I used a relatively straightforward technique to generate partisan scores for each word in the debate. After splitting the debate transcript into three separate documents for Obama, Romney and Lehrer, I removed all punctuation and capitalization from the texts along with any uninformative "stop" words (the, a, an, as, etc...) from each. I then applied a "stemming" algorithm to consolidate similar words into a single root ("regulate", "regulating", "regulation" all reduce to "regul"). 
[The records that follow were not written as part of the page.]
//! A keeper of the tables in a SQL database: in memory, or in a file that SQLite reads.
//!
//! All rows of all tables are the rows of one SQL table, `kept`, with a table's number, a key and a row in each. `SqlKeeper`
//! makes that table when it's opened; each batch is one transaction. It depends on `base_value`, `store_kv`, and the crate
//! `sqlite` of the Rattle toolchain, with the crates below that for its contracts and proofs.
//!
//! Its contract is that of `store_kv::Keeper`: if the keeper tells its tables and is trusted after the call, they are the
//! rows of that SQL table; a batch is made whole or not at all, once it's acknowledged a crash leaves it, and a crash in the
//! middle leaves all of it or nothing.
//!
//! # Example
//!
//! ```
//! let mut keeper = SqlKeeper::new(InMemory {});
//! if keeper.open(alloc).is_err() {
//!     if let Some(fault) = keeper.last_fault() {
//!         println!(rt; "{fault}")?;
//!     }
//! }
//! ```
#![tactic(auto)]

mod beside;
mod connected;
mod fault;
mod keeper;
mod opener;
mod refusing;
mod statements;

pub use crate::beside::{make_private, missing_log, remove_log};
pub use crate::connected::Connected;
pub use crate::fault::{DatabaseFault, fault_of};
pub use crate::keeper::SqlKeeper;
pub use crate::opener::{InMemory, OnPath, Opener, Ready};
pub use crate::statements::has_others;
I counted the number of times each word occurred in each speech, adding 0.5 to all of the zeroes (to prevent division by zero in the next step). That is, if a word appeared 5 times in one candidate's speeches and zero times in another, I treated that 0 as 0.5 words.

I then normalized the data by dividing each word count by the total number of words used by the candidate. This gives the relative frequency of each word/word stem. I converted the frequencies to odds (frequency/(1-frequency)) and for each word in the data, divided Romney's odds by Obama's odds. This generated an odds ratio, with ratios greater than 1 representing words that were more likely to be used by Romney and ratios less than 1 representing more "Obama"-oriented words. Finally, I logged the odds ratio to get a linearized variable that I plot on the x-axis. Words taking positive values (on the right) are more likely to appear in Governor Romney's speech and words taking negative values (on the left) are more likely to appear in President Obama's speech. Words clustering around 0 are equally likely to appear in both candidates' rhetoric.

Each word is re-sized by the log of its overall count in the dataset, and colored red-to-blue based on the x-axis variable.

A better (though more complex) way to visualize this sort of data was also developed by Monroe, Colaresi and Quinn (2009).